* [AVAILABLE RECORDS]
· · · · ·

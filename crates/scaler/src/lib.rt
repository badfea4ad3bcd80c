// Whether a table should grow, shrink, age or stay at the end of an epoch: Algorithm 3 of document 000, by document 02.
#![tactic(auto)]

ghost use Rattle.std.specs.Prelude.{ℕ, ◌≡◌, ◌<◌, ◌≤◌};
ghost use Rattle.rules.specs.Steps.{outcome};
ghost use Rattle.scaler.specs.Scale.{below, store_count, lookup_at, imbalance, over_target, on_average, off_average, whole, tolerated, sizes_good, stores_good, fraction_good, epoch_good, scale_verdict, scaled, scale_outcome, reply_said, scale_said, scale_number, scale_values, put_numbers, exported_scale};
ghost use Rattle.scaler.specs.Bounds.{InBounds, Narrow};

use records::{get_u64, put_u64};
use rules::{MOST_RECORDS, Refusal, must};

// The size of a number, in bytes.
const NUMBER_SIZE: usize = 8;
// The most stores that there may be.
const MOST_STORES: usize = 64;
// The most that a count or a part of a fraction may be.
const MOST_COUNT: u64 = 1048576;
// The parts of a whole in which a tolerance is given.
const WHOLE: u64 = 1000;
// The size of what a host is told besides a number, in bytes.
const OUT_SIZE: usize = 32;
// Where its numbers lie in it, after the lines.
const RECORDS_AT: usize = 8;

const OVER_AT: usize = 16;

const UNDER_AT: usize = 24;

// A fraction, an average or an imbalance: one number over another.
#[derive(Clone, Copy, Debug)]
pub struct Ratio {
    pub over: u64,
    pub under: u64,
}

// What the hub knows at the end of an epoch, but for the lookups to each store.
#[derive(Clone, Copy, Debug)]
pub struct Epoch {
    // The hits on lines in this epoch, and those off them.
    pub on: u64,
    pub off: u64,
    // C and K.
    pub lines: u64,
    pub records: u64,
    // The greatest imbalance that is aimed at.
    pub imbalance: Ratio,
    // The hits per line that are aimed at.
    pub target: Ratio,
    // In thousandths, how far below the target is still good.
    pub tolerance: u64,
}

// What is to be done at the end of an epoch.
#[derive(Clone, Copy, Debug)]
pub enum Scale {
    // To so many lines and records; and the hits per line that are aimed at from now on.
    Grow {
        lines: u64,
        records: u64,
        target: Ratio,
    },
    // To so many lines and records.
    Shrink {
        lines: u64,
        records: u64,
    },
    Age,
    Stay,
}

// Whether one ratio is below another, by cross products.
#[tactic(auto, unfolding(crate::specs::Scale::below))]
fn below(a: Ratio, b: Ratio) -> bool
    requires a_narrow { Narrow a }
    requires b_narrow { Narrow b }
    ensures { result ≡ below a b }
{
    a.over * b.under < b.over * a.under
}

// How many stores there are.
#[tactic(auto, unfolding(crate::specs::Scale::store_count))]
fn store_count(lookups: &[u8]) -> usize
    ensures { result ≡ store_count lookups.now }
{
    lookups.len() / NUMBER_SIZE
}

// The lookups to the store at place i.
#[tactic(auto, unfolding(crate::specs::Scale::store_count, crate::specs::Scale::lookup_at))]
fn lookup_at(lookups: &[u8], i: usize) -> u64
    requires { i < store_count lookups.now }
    ensures { result ≡ lookup_at lookups.now i }
{
    get_u64(lookups, NUMBER_SIZE * i)
}

// The most lookups to one store, over the fewest.
#[tactic(auto, unfolding(crate::specs::Scale::greatest, crate::specs::Scale::least, crate::specs::Scale::imbalance, rules::specs::Pass::pass))]
fn imbalance(lookups: &[u8]) -> Ratio
    requires { 1 ≤ store_count lookups.now }
    ensures { result ≡ imbalance lookups.now }
{
    let mut most = 0;
    let mut fewest = lookup_at(lookups, 0);
    for i in 0..store_count(lookups) {
        let n = lookup_at(lookups, i);
        most = most.max(n);
        fewest = fewest.min(n);
    }
    Ratio {
        over: most,
        under: fewest,
    }
}

// Whether both parts of a fraction are in bounds.
#[tactic(auto, unfolding(crate::specs::Scale::fraction_good))]
fn fraction_good(r: Ratio) -> bool
    ensures { result ≡ fraction_good r }
{
    r.over <= MOST_COUNT && 1 <= r.under && r.under <= MOST_COUNT
}

// Whether lines and records are as many as a table may have.
#[tactic(auto, unfolding(crate::specs::Scale::sizes_good))]
fn sizes_good(e: Epoch) -> bool
    ensures { result ≡ sizes_good e }
{
    1 <= e.lines && e.lines < e.records && e.records <= MOST_RECORDS as u64
}

// Whether there are lookups to 1 to 64 stores.
#[tactic(auto, unfolding(crate::specs::Scale::store_count, crate::specs::Scale::stores_good))]
fn stores_good(lookups: &[u8]) -> bool
    ensures { result ≡ stores_good lookups.now }
{
    let n = store_count(lookups);
    NUMBER_SIZE * n == lookups.len() && 1 <= n && n <= MOST_STORES
}

// Whether all else is in bounds.
#[tactic(auto, unfolding(crate::specs::Scale::epoch_good, crate::specs::Scale::stores_good, crate::specs::Scale::counts_good, crate::specs::Scale::imbalance_good, crate::specs::Scale::imbalance))]
fn epoch_good(lookups: &[u8], e: Epoch) -> bool
    ensures { result ≡ epoch_good lookups.now e }
{
    stores_good(lookups)
        && imbalance(lookups).over <= MOST_COUNT
        && e.on <= MOST_COUNT
        && e.off <= MOST_COUNT
        && fraction_good(e.imbalance)
        && e.imbalance.under <= e.imbalance.over
        && fraction_good(e.target)
        && e.tolerance < WHOLE
}

// Whether an epoch is refused, and why.
#[tactic(auto, unfolding(crate::specs::Scale::scale_verdict, rules::specs::Calls::verdict))]
fn scale_verdict(lookups: &[u8], e: Epoch) -> Result<(), Refusal>
    ensures { result ≡ scale_verdict lookups.now e }
{
    must(sizes_good(e), Refusal::WrongSizes)?;
    must(epoch_good(lookups, e), Refusal::WrongEpoch)
}

// Whether the imbalance is over the one that is aimed at.
#[tactic(auto, unfolding(crate::specs::Scale::over_target), using(crate::proofs::Bounds::imbalance_target_narrow))]
fn over_target(lookups: &[u8], e: Epoch) -> bool
    requires { InBounds lookups.now e }
    ensures { result ≡ over_target lookups.now e }
{
    below(e.imbalance, imbalance(lookups))
}

// The hits per line.
#[tactic(auto, unfolding(crate::specs::Scale::on_average))]
fn on_average(e: Epoch) -> Ratio
    ensures { result ≡ on_average e }
{
    Ratio {
        over: e.on,
        under: e.lines,
    }
}

// The hits per record that has no line.
#[tactic(auto, unfolding(crate::specs::Scale::off_average))]
fn off_average(e: Epoch) -> Ratio
    requires { e.lines ≤ e.records }
    ensures { result ≡ off_average e }
{
    Ratio {
        over: e.off,
        under: e.records - e.lines,
    }
}

// The target, less what is tolerated.
#[tactic(auto, unfolding(crate::specs::Scale::tolerated))]
fn tolerated(e: Epoch) -> Ratio
    requires part { e.tolerance ≤ whole }
    requires narrow { Narrow (tolerated e) }
    ensures { result ≡ tolerated e }
{
    Ratio {
        over: (WHOLE - e.tolerance) * e.target.over,
        under: WHOLE * e.target.under,
    }
}

// What is to be done. (Not inlined: it is rarely run, and the loops of the other exports keep their places in memory by it.)
#[tactic(auto, unfolding(crate::specs::Scale::scaled, crate::specs::Scale::decided, crate::specs::Scale::grow_due, crate::specs::Scale::on_below, crate::specs::Scale::off_below, crate::specs::Scale::off_above), using(crate::proofs::Bounds::on_narrow, crate::proofs::Bounds::off_narrow, crate::proofs::Bounds::tolerated_narrow))]
#[inline(never)]
fn scaled(lookups: &[u8], e: Epoch) -> Scale
    requires { InBounds lookups.now e }
    ensures { result ≡ scaled lookups.now e }
{
    let on = on_average(e);
    let off = off_average(e);
    let tolerated = tolerated(e);
    if over_target(lookups, e) && !below(on, off) {
        if 2 * e.records <= MOST_RECORDS as u64 {
            Scale::Grow {
                lines: 2 * e.lines,
                records: 2 * e.records,
                target: on,
            }
        } else {
            Scale::Stay
        }
    } else if below(on, tolerated) && below(off, tolerated) {
        if e.lines == 1 {
            Scale::Stay
        } else {
            Scale::Shrink {
                lines: e.lines / 2,
                records: e.records.div_ceil(2),
            }
        }
    } else if below(on, tolerated) && below(tolerated, off) {
        Scale::Age
    } else {
        Scale::Stay
    }
}

// What is to be done at the end of an epoch with so many lookups to each store.
#[tactic(auto, unfolding(crate::specs::Scale::scale_outcome, rules::specs::Calls::unless), using(crate::proofs::Bounds::in_bounds, crate::proofs::Told::so_said))]
pub fn decide(lookups: &[u8], epoch: Epoch) -> Result<Scale, Refusal>
    ensures outcome { result ≡ scale_outcome lookups.now epoch }
    ensures said { reply_said result ≡ scale_said lookups.now epoch }
{
    scale_verdict(lookups, epoch)?;
    Ok(scaled(lookups, epoch))
}

// The number that a C host is told.
#[tactic(auto, unfolding(crate::specs::Scale::scale_number))]
fn scale_number(reply: Result<Scale, Refusal>) -> u64
    ensures { result ≡ scale_number reply }
{
    match reply {
        Ok(Scale::Grow { .. }) => 106,
        Ok(Scale::Shrink { .. }) => 107,
        Ok(Scale::Age) => 108,
        Ok(Scale::Stay) => 109,
        Err(cause) => cause.into(),
    }
}

// Puts what a table grows or shrinks to into lent bytes, and what is aimed at from then on.
#[tactic(auto, unfolding(crate::specs::Scale::put_numbers, crate::specs::Scale::scale_values))]
fn put_values(out: &mut [u8; OUT_SIZE], reply: Result<Scale, Refusal>)
    ensures { out.new ≡ put_numbers out.old 0 (scale_values reply) }
{
    match reply {
        Ok(
            Scale::Grow {
                lines,
                records,
                target,
            },
        ) => {
            put_u64(out, 0, lines);
            put_u64(out, RECORDS_AT, records);
            put_u64(out, OVER_AT, target.over);
            put_u64(out, UNDER_AT, target.under);
        }
        Ok(Scale::Shrink { lines, records }) => {
            put_u64(out, 0, lines);
            put_u64(out, RECORDS_AT, records);
        }
        _ => {}
    }
}

// The same for a C host, which is told a number.
#[tactic(auto, unfolding(crate::specs::Scale::exported_scale, rules::specs::Calls::verdict, rules::specs::Calls::unless))]
pub fn tell(lookups: &[u8], epoch: Epoch, out: &mut [u8]) -> u64
    ensures { outcome result out.new ≡ exported_scale lookups.now epoch out.old }
{
    let Some(out) = out.as_mut_array() else {
        return Refusal::WrongSizes.into();
    };
    let reply = decide(lookups, epoch);
    put_values(out, reply);
    scale_number(reply)
}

· · · · ·

* [TASK OBJECTIVE]
Identify each line in the records above containing the word "Rattle"; copy those lines.

* [SOLVED PROBLEM]
ghost use Rattle.std.specs.Prelude.{ℕ, ◌≡◌, ◌<◌, ◌≤◌};
ghost use Rattle.rules.specs.Steps.{outcome};
ghost use Rattle.scaler.specs.Scale.{below, store_count, lookup_at, imbalance, over_target, on_average, off_average, whole, tolerated, sizes_good, stores_good, fraction_good, epoch_good, scale_verdict, scaled, scale_outcome, reply_said, scale_said, scale_number, scale_values, put_numbers, exported_scale};
ghost use Rattle.scaler.specs.Bounds.{InBounds, Narrow};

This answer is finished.